■ EXERCISE DATA
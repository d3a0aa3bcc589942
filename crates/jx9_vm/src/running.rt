//! A whole script.

ghost use Rattle.std.specs.Prelude.{◌≡◌, ◌≤◌, [], replicate, slice_get, IfErr, IfOk, None};
ghost use Rattle.uq_value.specs.declared.value.Value.{Value};
ghost use Rattle.jx9_compile.specs.Machine.{first_slots};
ghost use Rattle.jx9_vm.specs.Exec.{Runs, Settles, SinkCause, Stopped, used_by};
ghost use Rattle.jx9_vm.specs.Work.{IsFirst};

use crate::ending::Ending;
use crate::layers::Layers;
use crate::machine::drive;
use crate::meter::Meter;
use crate::stop::{Ran, Stop, StopCause};
use crate::work::Work;
use jx9_compile::{Code, every_code_ends};
use sqlite_items::at;
use std::alloc::Global;
use uq_model::{Base, BaseStop};
use uq_outside::Sink;
use uq_value::NoMemory;

/// For so many values the stack has room from the start.
const FIRST_ROOM: usize = 256;

/// Runs a code over a base, with a budget of units, and raises the meter by the units that it took.
///
/// Where the base tells its session, the events and the ending are those of the code's run from there (`CodeRun`), and
/// so are the session after it and the units that are left. Texts that are put out go to the sink. An ending other than
/// `Done` has rolled back what was not committed.
///
/// A script is stopped where the sink fails, where a call on the base has no answer, or where memory is wanting. The
/// events so far are then the first of that run. Where the sink failed the next one is a text, and a front of it may have
/// been put out.
pub fn exec<B: Base, O: Sink>(
    alloc: Global,
    code: &Code,
    base: &mut B,
    out: &mut O,
    budget: u64,
    meter: &mut Meter,
) -> Result<Ran, Stop>
    ensures ran { IfOk result (Runs code.now budget (B.shows base.old) (B.shows base.new)
        (O.written out.old) (O.written out.new) meter.old meter.new) }
    ensures stopped { IfErr result (Stopped code.now budget (B.shows base.old) (B.shows base.new)
        (O.written out.old) (O.written out.new) (O.faults out.old) (O.faults out.new) meter.old meter.new) }
    ensures sink { SinkCause (O.faults out.old) (O.faults out.new) result }
    ensures keeps { B.keeps base.old base.new }
{
    every_code_ends(code);
    let mut work = match first_work(alloc, code, budget) {
        Ok(work) => work,
        Err(_) => {
            meter.raise(0);
            return Err(Stop {
                events: 0,
                last: None,
                cause: StopCause::Memory,
            });
        }
    };
    let ending = match drive(code, &mut work, alloc, out) {
        Ok(ending) => ending,
        Err(cause) => {
            meter.raise(budget - work.units);
            return Err(Stop {
                events: work.events,
                last: work.last,
                cause,
            });
        }
    };
    match settle(&ending, base) {
        Ok(()) => {
            meter.raise(used(&ending, budget, work.units));
            Ok(Ran {
                ending,
                events: work.events,
                last: work.last,
            })
        }
        Err(stop) => {
            meter.raise(budget - work.units);
            Err(Stop {
                events: work.events,
                last: work.last,
                cause: StopCause::Base(stop),
            })
        }
    }
}

/// At the first op of function 0, with nothing on the stack, and null in each slot.
fn first_work(alloc: Global, code: &Code, budget: u64) -> Result<Work, NoMemory>
    ensures { IfOk result (IsFirst code.now budget) }
{
    let mut slots = Layers::with_room(alloc, FIRST_ROOM)?;
    slots.fill(first_slot_count(code) as usize)?;
    Ok(Work {
        function: 0,
        place: 0,
        stack: Layers::with_room(alloc, FIRST_ROOM)?,
        slots,
        calls: Vec::new(alloc),
        units: budget,
        events: 0,
        last: None,
    })
}

fn first_slot_count(code: &Code) -> u32
    ensures { replicate result Value.Null ≡ first_slots (slice_get code.now.functions 0) [] }
{
    match at(code.functions(), 0) {
        Some(function) => function.slots(),
        None => 0,
    }
}

/// Goes back to what was saved, unless the script is done.
fn settle<B: Base>(ending: &Ending, base: &mut B) -> Result<(), BaseStop>
    ensures settles { Settles ending.now (B.shows base.old) (B.shows base.new) result }
    ensures keeps { B.keeps base.old base.new }
{
    match ending {
        Ending::Done => Ok(()),
        Ending::Fault { kind: _, line: _ } => base.rollback(),
        Ending::Spent => base.rollback(),
    }
}

/// The units that a script took of its budget.
fn used(ending: &Ending, budget: u64, left: u64) -> u64
    requires { left ≤ budget }
    ensures { result ≡ used_by ending.now budget left }
{
    match ending {
        Ending::Spent => budget,
        Ending::Done | Ending::Fault { kind: _, line: _ } => budget - left,
    }
}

■ ABOUT THIS EXERCISE
Looking at the entries above, copy out every line in which "Layers" occurs.

■ REPLY
use crate::layers::Layers;
    let mut slots = Layers::with_room(alloc, FIRST_ROOM)?;
        stack: Layers::with_room(alloc, FIRST_ROOM)?,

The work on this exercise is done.